------ ENTRIES SUPPLIED ------

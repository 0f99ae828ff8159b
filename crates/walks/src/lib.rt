// Walks over the nodes of a table that place no node.
#![tactic(auto)]

ghost use Rattle.std.specs.Prelude.{◌≡◌, ◌≤◌, ◌<◌, length};
ghost use Rattle.walks.specs.Readable.{Readable, Roomy, Cleared, nodes_in, value_under};
ghost use Rattle.walks.specs.Constant.{sides_under, one_at, OneMemo};

use table::NodeNo;
use words::Literals;

// The value of a node under the word's assignment: the walk from it to a constant.
pub fn value_of(
    vars: &[u8],
    lows: &[u16],
    highs: &[u16],
    count: usize,
    node: NodeNo,
    word: u64,
) -> bool
    requires { Readable vars.now lows.now highs.now count × (node.0 < count) }
    ensures { result ≡ value_under (nodes_in vars.now lows.now highs.now count) node.0 word }
{
    let mut k = node.0 as usize;
    while k >= 2 {
        let v = vars[k] as u64;
        if (word >> (v - 1)) % 2 == 1 {
            k = highs[k] as usize;
        } else {
            k = lows[k] as usize;
        }
    }
    k == 1
}

// Empties the memo's cells for the first `count` nodes.
pub fn clear_cells(memo: &mut [u64], count: usize)
    requires { count ≤ length memo.old }
    ensures { Cleared count memo.new }
{
    let mut i: usize = 0;
    while i < count {
        memo[i] = 0;
        i += 1;
    }
}

// The two nodes that a node's cofactor by literals is made from; they are one where its variable has a literal.
#[derive(Clone, Copy)]
pub struct SidesUnder {
    pub low: NodeNo,
    pub high: NodeNo,
}

fn sides_under(
    vars: &[u8],
    lows: &[u16],
    highs: &[u16],
    count: usize,
    f: NodeNo,
    literals: Literals,
) -> SidesUnder
    requires { Readable vars.now lows.now highs.now count × (2 ≤ f.0) × (f.0 < count) }
    ensures { result
        ≡ sides_under vars.now lows.now highs.now f.0 literals.positive literals.negative }
{
    let i = f.0 as usize;
    let v = vars[i];
    let low = NodeNo(lows[i]);
    let high = NodeNo(highs[i]);
    if words::in_word(literals.positive, v) {
        return SidesUnder { low: high, high };
    }
    if words::in_word(literals.negative, v) {
        return SidesUnder { low, high: low };
    }
    SidesUnder { low, high }
}

// Whether the node's cofactor by the literals is 1. Stops at the first leaf that is not.
pub fn is_one(
    vars: &[u8],
    lows: &[u16],
    highs: &[u16],
    memo: &mut [u64],
    count: usize,
    f: NodeNo,
    literals: Literals,
) -> bool
    requires { Readable vars.now lows.now highs.now count × (f.0 < count) × Roomy vars.now memo.old }
    ensures { let nodes = nodes_in vars.now lows.now highs.now count in
        result ≡ one_at nodes literals.positive literals.negative f.0 }
{
    clear_cells(memo, count);
    one_from(vars, lows, highs, memo, count, f, literals)
}

// The same where the memo holds nodes whose cofactor is known to be 1; it stays so.
fn one_from(
    vars: &[u8],
    lows: &[u16],
    highs: &[u16],
    memo: &mut [u64],
    count: usize,
    f: NodeNo,
    literals: Literals,
) -> bool
    requires readable { Readable vars.now lows.now highs.now count × (f.0 < count) × Roomy vars.now memo.old }
    requires one_memo { OneMemo memo.old (nodes_in vars.now lows.now highs.now count) literals.positive literals.negative }
    ensures result_value { let nodes = nodes_in vars.now lows.now highs.now count in
        result ≡ one_at nodes literals.positive literals.negative f.0 }
    ensures fact { let nodes = nodes_in vars.now lows.now highs.now count in
        OneMemo memo.new nodes literals.positive literals.negative }
{
    if f.0 == 0 {
        return false;
    }
    if f.0 == 1 {
        return true;
    }
    let i = f.0 as usize;
    if memo[i] == f.0 as u64 {
        return true;
    }
    let sides = sides_under(vars, lows, highs, count, f, literals);
    let low = one_from(vars, lows, highs, memo, count, sides.low, literals);
    if !low {
        return false;
    }
    let high = one_from(vars, lows, highs, memo, count, sides.high, literals);
    if !high {
        return false;
    }
    memo[i] = f.0 as u64;
    true
}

------

What you should produce is an exact copy of the records above.

**ANSWER TO THIS TASK**:
repository 0f99ae828ff8159b
filename crates/walks/src/lib.rt
// Walks over the nodes of a table that place no node.
#![tactic(auto)]

ghost use Rattle.std.specs.Prelude.{◌≡◌, ◌≤◌, ◌<◌, length};
ghost use Rattle.walks.specs.Readable.{Readable, Roomy, Cleared, nodes_in, value_under};
ghost use Rattle.walks.specs.Constant.{sides_under, one_at, OneMemo};

use table::NodeNo;
use words::Literals;

// The value of a node under the word's assignment: the walk from it to a constant.
pub fn value_of(
    vars: &[u8],
    lows: &[u16],
    highs: &[u16],
    count: usize,
    node: NodeNo,
    word: u64,
) -> bool
    requires { Readable vars.now lows.now highs.now count × (node.0 < count) }
    ensures { result ≡ value_under (nodes_in vars.now lows.now highs.now count) node.0 word }
{
    let mut k = node.0 as usize;
    while k >= 2 {
        let v = vars[k] as u64;
        if (word >> (v - 1)) % 2 == 1 {
            k = highs[k] as usize;
        } else {
            k = lows[k] as usize;
        }
    }
    k == 1
}

// Empties the memo's cells for the first `count` nodes.
pub fn clear_cells(memo: &mut [u64], count: usize)
    requires { count ≤ length memo.old }
    ensures { Cleared count memo.new }
{
    let mut i: usize = 0;
    while i < count {
        memo[i] = 0;
        i += 1;
    }
}

// The two nodes that a node's cofactor by literals is made from; they are one where its variable has a literal.
#[derive(Clone, Copy)]
pub struct SidesUnder {
    pub low: NodeNo,
    pub high: NodeNo,
}

fn sides_under(
    vars: &[u8],
    lows: &[u16],
    highs: &[u16],
    count: usize,
    f: NodeNo,
    literals: Literals,
) -> SidesUnder
    requires { Readable vars.now lows.now highs.now count × (2 ≤ f.0) × (f.0 < count) }
    ensures { result
        ≡ sides_under vars.now lows.now highs.now f.0 literals.positive literals.negative }
{
    let i = f.0 as usize;
    let v = vars[i];
    let low = NodeNo(lows[i]);
    let high = NodeNo(highs[i]);
    if words::in_word(literals.positive, v) {
        return SidesUnder { low: high, high };
    }
    if words::in_word(literals.negative, v) {
        return SidesUnder { low, high: low };
    }
    SidesUnder { low, high }
}

// Whether the node's cofactor by the literals is 1. Stops at the first leaf that is not.
pub fn is_one(
    vars: &[u8],
    lows: &[u16],
    highs: &[u16],
    memo: &mut [u64],
    count: usize,
    f: NodeNo,
    literals: Literals,
) -> bool
    requires { Readable vars.now lows.now highs.now count × (f.0 < count) × Roomy vars.now memo.old }
    ensures { let nodes = nodes_in vars.now lows.now highs.now count in
        result ≡ one_at nodes literals.positive literals.negative f.0 }
{
    clear_cells(memo, count);
    one_from(vars, lows, highs, memo, count, f, literals)
}

// The same where the memo holds nodes whose cofactor is known to be 1; it stays so.
fn one_from(
    vars: &[u8],
    lows: &[u16],
    highs: &[u16],
    memo: &mut [u64],
    count: usize,
    f: NodeNo,
    literals: Literals,
) -> bool
    requires readable { Readable vars.now lows.now highs.now count × (f.0 < count) × Roomy vars.now memo.old }
    requires one_memo { OneMemo memo.old (nodes_in vars.now lows.now highs.now count) literals.positive literals.negative }
    ensures result_value { let nodes = nodes_in vars.now lows.now highs.now count in
        result ≡ one_at nodes literals.positive literals.negative f.0 }
    ensures fact { let nodes = nodes_in vars.now lows.now highs.now count in
        OneMemo memo.new nodes literals.positive literals.negative }
{
    if f.0 == 0 {
        return false;
    }
    if f.0 == 1 {
        return true;
    }
    let i = f.0 as usize;
    if memo[i] == f.0 as u64 {
        return true;
    }
    let sides = sides_under(vars, lows, highs, count, f, literals);
    let low = one_from(vars, lows, highs, memo, count, sides.low, literals);
    if !low {
        return false;
    }
    let high = one_from(vars, lows, highs, memo, count, sides.high, literals);
    if !high {
        return false;
    }
    memo[i] = f.0 as u64;
    true
}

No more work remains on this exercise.